Following an en banc rehearing, the Court of Appeals for the D.C. Circuit  reinstated as the judgment of the entire court the original holding of a three-judge panel that employers do not have to bargain with unions over mandatory arbitration agreements.

Soon after the initial decision was rendered in Air Line Pilots Association v. Northwest Airlines, Inc., the court granted ALPA’s motion to vacate the decision pending rehearing by the entire appellate panel.  The legal issue, analyzed in the March 20, 2000, issue of the Employment Law Letter, was whether Northwest violated its bargaining obligations under the Railway Labor Act when it bypassed the union and required pilot trainees to agree in advance to arbitrate any discrimination claims that may arise in the course of their employment.

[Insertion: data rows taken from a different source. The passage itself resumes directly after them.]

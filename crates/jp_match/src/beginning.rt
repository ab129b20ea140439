//! Which characters a word of a pattern begins with.

ghost use Rattle.std.specs.Prelude.{◌≡◌, map, false};
ghost use Rattle.jp_iregexp.specs.Tree.{tree, branches, pieces, repeat};
ghost use Rattle.jp_iregexp.specs.Language.{Language};
ghost use Rattle.jp_iregexp.specs.Positions.{positions_of};
ghost use Rattle.jp_match.specs.Bounds.{MakesAtMost};
ghost use Rattle.jp_match.specs.Private.Beginning.{NeverBegins};

use crate::class_tests::Tests;
use jp_iregexp::Pattern;

/// Whether a word of the pattern may begin with the character, or be empty: told by the classes
/// that stand first. Where the first part may be left out the answer is true.
#[cycle(begins)]
pub(crate) fn may_begin(pattern: &Pattern, c: char, tests: &mut Tests) -> bool
    ensures never { result ≡ false → NeverBegins (Language (tree pattern.now)) c }
    ensures tests { MakesAtMost (positions_of (tree pattern.now)) tests.old tests.new }
{
    match pattern {
        Pattern::Either(branches) => any_may_begin(branches, c, tests),
        Pattern::Sequence(pieces) => first_may_begin(pieces, c, tests),
        Pattern::Repeat { inner, least, most } => {
            repeat_may_begin(inner, *least, *most, c, tests)
        }
        Pattern::Class(class) => tests.holds(class, c),
    }
}

/// Whether a word of one of the branches may begin with the character.
#[cycle(begins)]
fn any_may_begin(parts: &[Pattern], c: char, tests: &mut Tests) -> bool
    ensures never { result ≡ false → NeverBegins (Language (branches (map tree parts.now))) c }
    ensures tests { MakesAtMost (positions_of (branches (map tree parts.now))) tests.old tests.new }
{
    for branch in parts {
        if may_begin(branch, c, tests) {
            return true;
        }
    }
    false
}

/// Whether a word of pieces may begin with the character: by the first of them.
#[cycle(begins)]
fn first_may_begin(parts: &[Pattern], c: char, tests: &mut Tests) -> bool
    ensures never { result ≡ false → NeverBegins (Language (pieces (map tree parts.now))) c }
    ensures tests { MakesAtMost (positions_of (pieces (map tree parts.now))) tests.old tests.new }
{
    let [first, ..] = parts else {
        return true;
    };
    may_begin(first, c, tests)
}

/// Whether a word of a repeat may begin with the character.
#[cycle(begins)]
fn repeat_may_begin(
    inner: &Pattern,
    least: u32,
    most: Option<u32>,
    c: char,
    tests: &mut Tests,
) -> bool
    ensures never { result ≡ false → NeverBegins (Language (repeat (tree inner.now) least most)) c }
    ensures tests { MakesAtMost (positions_of (repeat (tree inner.now) least most)) tests.old
        tests.new }
{
    if least == 0 || most == Some(0) {
        return true;
    }
    may_begin(inner, c, tests)
}
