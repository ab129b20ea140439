//! Which characters a word of a pattern may begin with, told once for many texts.

ghost use Rattle.std.specs.Prelude.{◌≡◌, ℕ, IsTrue, false, get_or, map};
ghost use Rattle.jp_iregexp.specs.Tree.{tree, branches, pieces, repeat, class as one_of};
ghost use Rattle.jp_iregexp.specs.Language.{Language};
ghost use Rattle.jp_match.specs.Private.Beginning.{RulesOut, Admits};

use crate::class_tests::class_holds;
use jp_iregexp::{CharClass, Pattern};
use std::marker::Model;

/// The ASCII characters that no word of a pattern begins with. There is none where the empty word is
/// one.
#[derive(Drop)]
pub(crate) struct FirstChars {
    ruled_out: [bool; 128],
}

impl Model for FirstChars {
    ghost use Rattle.std.specs.Prelude.{Bool, List};

    ghost Value = { List Bool };

    ghost view = { λ first. first.ruled_out };
}

impl FirstChars {
    /// Those that the classes of the pattern rule out that stand first. The tests that this takes are
    /// not a matcher's.
    pub(crate) fn of(pattern: &Pattern) -> FirstChars
        ensures { RulesOut result (Language (tree pattern.now)) }
    {
        let mut ruled_out = [true; 128];
        admit(pattern, &mut ruled_out);
        FirstChars { ruled_out }
    }

    /// Whether the character is ruled out.
    pub(crate) fn rule_out(&self, c: char) -> bool
        ensures { result ≡ get_or self.now c false }
    {
        match self.ruled_out.get(c as usize) {
            Some(ruled_out) => *ruled_out,
            None => false,
        }
    }
}

/// Admits the characters that a word of the pattern may begin with: those of the classes that stand
/// first, and all where the first part may be left out.
#[cycle(admits)]
fn admit(pattern: &Pattern, ruled_out: &mut [bool; 128])
    ensures { Admits (Language (tree pattern.now)) ruled_out.old ruled_out.new }
{
    match pattern {
        Pattern::Either(branches) => admit_each(branches, ruled_out),
        Pattern::Sequence(pieces) => admit_first(pieces, ruled_out),
        Pattern::Repeat { inner, least, most } => admit_repeat(inner, *least, *most, ruled_out),
        Pattern::Class(class) => admit_class(class, ruled_out),
    }
}

/// Admits the characters that words of any of the branches begin with.
#[cycle(admits)]
fn admit_each(parts: &[Pattern], ruled_out: &mut [bool; 128])
    ensures { Admits (Language (branches (map tree parts.now))) ruled_out.old ruled_out.new }
{
    for branch in parts {
        admit(branch, ruled_out);
    }
}

/// Admits the characters that words of pieces begin with: those of the first of them.
#[cycle(admits)]
fn admit_first(parts: &[Pattern], ruled_out: &mut [bool; 128])
    ensures { Admits (Language (pieces (map tree parts.now))) ruled_out.old ruled_out.new }
{
    let [first, ..] = parts else {
        admit_all(ruled_out);
        return;
    };
    admit(first, ruled_out);
}

/// Admits the characters that words of a repeat begin with.
#[cycle(admits)]
fn admit_repeat(inner: &Pattern, least: u32, most: Option<u32>, ruled_out: &mut [bool; 128])
    ensures { Admits (Language (repeat (tree inner.now) least most)) ruled_out.old ruled_out.new }
{
    if least == 0 || most == Some(0) {
        admit_all(ruled_out);
        return;
    }
    admit(inner, ruled_out);
}

/// Admits the characters of a class.
fn admit_class(class: &CharClass, ruled_out: &mut [bool; 128])
    ensures { Admits (Language (one_of class.now.negated class.now.elements.items)) ruled_out.old
        ruled_out.new }
{
    for code in 0..128u8 {
        let index = usize::from(code);
        ruled_out[index] = ruled_out[index] & !class_holds(class, char::from(code));
    }
}

/// Admits every character.
fn admit_all(ruled_out: &mut [bool; 128])
    ensures { (c : ℕ) → IsTrue (get_or ruled_out.new c false) → ⊥ }
{
    *ruled_out = [false; 128];
}
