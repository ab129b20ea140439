//! A step of a scan over one character.

ghost use Rattle.std.specs.Prelude.{◌≡◌, ◌<◌, min, map};
ghost use Rattle.jp_iregexp.specs.Tree.{tree, branches, pieces, repeat};
ghost use Rattle.jp_match.specs.Private.Plain.{unrolled, class as plain_class, plus, between};
ghost use Rattle.jp_match.specs.Private.Plain.{at_least};
ghost use Rattle.jp_match.specs.Private.Marks.{size};
ghost use Rattle.jp_match.specs.Private.Sweeps.{IsBefore, IsSize, Moves, at_start, own_rounds};

use crate::copies::Copies;
use crate::empty_word::has_empty_word;
use crate::idle::{Size, idle_part, is_idle_class};
use crate::one_class::one_class;
use crate::sweep::{Reach, Sweep};
use jp_iregexp::{CharClass, Pattern};

/// Moves the marks of a pattern over the character.
#[cycle(step)]
#[inline(always)]
pub(crate) fn step(pattern: &Pattern, sweep: &mut Sweep, entered: bool) -> Reach
    requires { IsBefore (unrolled (tree pattern.now)) sweep.old }
    ensures { Moves (unrolled (tree pattern.now)) (at_start entered) sweep.old sweep.new result }
{
    if !entered && let Some(idle) = idle_part(pattern, sweep) {
        sweep.at += idle.positions;
        return Reach {
            before: false,
            after: false,
            after_entered: idle.has_empty_word,
        };
    }
    match pattern {
        Pattern::Either(branches) => step_either(branches, sweep, entered),
        Pattern::Sequence(pieces) => step_sequence(pieces, sweep, entered),
        Pattern::Repeat { inner, least, most } => {
            step_repeat(inner, *least, *most, sweep, entered)
        }
        Pattern::Class(class) => step_class(class, sweep, entered),
    }
}

/// Moves the marks of a part that follows others, by how their end is reached. A class that is not
/// entered and has no mark, as most are, is passed over first.
#[cycle(step)]
#[inline(always)]
pub(crate) fn step_next(part: &Pattern, sweep: &mut Sweep, through: Reach) -> Reach
    requires { IsBefore (unrolled (tree part.now)) sweep.old }
    ensures { Moves (unrolled (tree part.now)) through sweep.old sweep.new result }
{
    if !through.before && is_idle_class(part, sweep) {
        sweep.at += 1;
        return Reach::none();
    }
    through.then(step(part, sweep, through.before))
}

/// Moves the mark of a class, which has one position, over the character.
#[inline(always)]
fn step_class(class: &CharClass, sweep: &mut Sweep, entered: bool) -> Reach
    requires { IsBefore (plain_class class.now.negated class.now.elements.items) sweep.old }
    ensures { Moves (plain_class class.now.negated class.now.elements.items) (at_start entered)
        sweep.old sweep.new result }
{
    let before = sweep.marks[sweep.at];
    let after = entered && sweep.tests.holds(class, sweep.c);
    sweep.marks[sweep.at] = after;
    sweep.at += 1;
    Reach {
        before,
        after,
        after_entered: after,
    }
}

/// Moves the marks of branches over the character.
#[cycle(step)]
pub(crate) fn step_either(parts: &[Pattern], sweep: &mut Sweep, entered: bool) -> Reach
    requires { IsBefore (unrolled (branches (map tree parts.now))) sweep.old }
    ensures { Moves (unrolled (branches (map tree parts.now))) (at_start entered) sweep.old
        sweep.new result }
{
    let mut ended = Reach::none();
    for branch in parts {
        ended = ended.or(step(branch, sweep, entered));
    }
    ended
}

/// Moves the marks of pieces over the character: where one has ended, the next is entered.
#[cycle(step)]
fn step_sequence(parts: &[Pattern], sweep: &mut Sweep, entered: bool) -> Reach
    requires { IsBefore (unrolled (pieces (map tree parts.now))) sweep.old }
    ensures { Moves (unrolled (pieces (map tree parts.now))) (at_start entered) sweep.old sweep.new
        result }
{
    let mut through = Reach::at_start(entered);
    for piece in parts {
        through = step_next(piece, sweep, through);
    }
    through
}

/// Moves the marks of a repeat, which has some of its own for each copy, over the character.
#[cycle(step)]
fn step_repeat(
    inner: &Pattern,
    least: u32,
    most: Option<u32>,
    sweep: &mut Sweep,
    entered: bool,
) -> Reach
    requires { IsBefore (unrolled (repeat (tree inner.now) least most)) sweep.old }
    ensures { Moves (unrolled (repeat (tree inner.now) least most)) (at_start entered) sweep.old
        sweep.new result }
{
    match most {
        Some(most) => step_between(inner, least, most, sweep, entered),
        None if least == 0 => { Reach::at_start(entered).or(step_plus(inner, sweep, entered)) }
        None => step_at_least(inner, least, sweep, entered),
    }
}

/// Moves the marks of a repeat with a most. It may end before each copy, and after the last one,
/// where there were at least the least. Copies of one class share one test of it.
#[cycle(step)]
fn step_between(inner: &Pattern, least: u32, most: u32, sweep: &mut Sweep, entered: bool) -> Reach
    requires { IsBefore (between (unrolled (tree inner.now)) least most) sweep.old }
    ensures { Moves (between (unrolled (tree inner.now)) least most) (at_start entered) sweep.old
        sweep.new result }
{
    if most < 2 {
        return step_copies(inner, least, most, sweep, entered);
    }
    let Some(one) = one_class(inner) else {
        return step_copies(inner, least, most, sweep, entered);
    };
    let holds = sweep.tests.holds(one.class, sweep.c);
    let copies = Copies {
        least: least as usize,
        is_optional: one.is_optional,
    };
    let end = sweep.at + most as usize;
    let reach = copies.step(&mut sweep.marks[sweep.at..end], entered, holds);
    sweep.at = end;
    reach
}

/// Moves the marks of copies of more than one class, each by itself. Copies without positions are
/// all as the first.
#[cycle(step)]
fn step_copies(inner: &Pattern, least: u32, most: u32, sweep: &mut Sweep, entered: bool) -> Reach
    requires { IsBefore (between (unrolled (tree inner.now)) least most) sweep.old }
    ensures { Moves (between (unrolled (tree inner.now)) least most) (at_start entered) sweep.old
        sweep.new result }
{
    let mut ended = Reach::none();
    let mut through = Reach::at_start(entered);
    let mut size = Size::unknown();
    for copies in 0..most {
        ended = ended.or(through.only_if(least <= copies));
        let at = sweep.at;
        let round = sweep.round;
        through = through.then(step_copy(inner, size, sweep, through.before));
        if sweep.at == at {
            return ended.or(through.only_if(least <= most));
        }
        size = Size {
            positions: sweep.at - at,
            rounds: sweep.round - round,
        };
    }
    ended.or(through.only_if(least <= most))
}

/// Moves the marks of one copy. Once the size of copies is known, one that is not entered and has
/// no mark is passed over.
#[cycle(step)]
fn step_copy(inner: &Pattern, size: Size, sweep: &mut Sweep, entered: bool) -> Reach
    requires before { IsBefore (unrolled (tree inner.now)) sweep.old }
    requires sized { IsSize (unrolled (tree inner.now)) size.positions size.rounds }
    ensures { Moves (unrolled (tree inner.now)) (at_start entered) sweep.old sweep.new result }
{
    if entered || size.positions == 0 {
        return step(inner, sweep, entered);
    }
    let end = sweep.at + size.positions;
    if sweep.is_unmarked(size.positions) {
        sweep.at = end;
        sweep.round += size.rounds;
        return Reach {
            before: false,
            after: false,
            after_entered: has_empty_word(inner),
        };
    }
    step(inner, sweep, entered)
}

/// Moves the marks of a repeat with a least and no most: the last copy goes on.
#[cycle(step)]
fn step_at_least(inner: &Pattern, least: u32, sweep: &mut Sweep, entered: bool) -> Reach
    requires before { IsBefore (at_least (unrolled (tree inner.now)) least) sweep.old }
    requires some { 0 < least }
    ensures { Moves (at_least (unrolled (tree inner.now)) least) (at_start entered) sweep.old
        sweep.new result }
{
    let mut through = Reach::at_start(entered);
    for _ in 1..least {
        let at = sweep.at;
        through = through.then(step(inner, sweep, through.before));
        if sweep.at == at {
            return through.then(step_plus(inner, sweep, through.before));
        }
    }
    through.then(step_plus(inner, sweep, through.before))
}

/// Moves the marks of one or more words of the pattern: where one has ended, the next may begin.
/// The mark of a class tells whether one has.
#[cycle(step)]
fn step_plus(inner: &Pattern, sweep: &mut Sweep, entered: bool) -> Reach
    requires { IsBefore (plus (unrolled (tree inner.now))) sweep.old }
    ensures { Moves (plus (unrolled (tree inner.now))) (at_start entered) sweep.old sweep.new result }
{
    match inner {
        Pattern::Class(class) => {
            let again = entered | sweep.marks[sweep.at];
            step_class(class, sweep, again)
        }
        _ => step_rounds(inner, sweep, entered),
    }
}

/// Moves the marks of one or more words of a pattern that is no class. Without positions it has no
/// round that is kept.
#[cycle(step)]
fn step_rounds(inner: &Pattern, sweep: &mut Sweep, entered: bool) -> Reach
    requires before { IsBefore (plus (unrolled (tree inner.now))) sweep.old }
    requires own { own_rounds (unrolled (tree inner.now)) ≡ min (size (unrolled (tree inner.now))) 1 }
    ensures { Moves (plus (unrolled (tree inner.now))) (at_start entered) sweep.old sweep.new result }
{
    let at = sweep.at;
    let round = sweep.round;
    let again = entered | sweep.round_has_ended();
    sweep.round = round.saturating_add(1);
    let reach = step(inner, sweep, again);
    if sweep.at == at {
        sweep.round = round;
        return Reach {
            before: reach.before & entered,
            after: reach.after,
            after_entered: reach.after_entered,
        };
    }
    sweep.rounds[round] = reach.after;
    reach
}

During the rehearing, more than one judge expressed the concern that unions would oppose mandatory arbitration because it would dilute their control, even if employees favored arbitration as a speedier and more efficient method for resolving their claims.  In light of the potential conflict between individual and union interests, the court reaffirmed that individual employees should be free to enter pre-dispute arbitration agreements with their employer without subjecting the issue to collective bargaining.

While this ruling strengthens the ability of Washington, D.C., employers to establish and enforce mandatory arbitration programs in the union sector, the law is unsettled in other locations and employers may need to negotiate such programs.   Whether dealing with the union or nonunion sector, employers should assure that any mandatory arbitration program can pass muster if challenged as unfair to employees.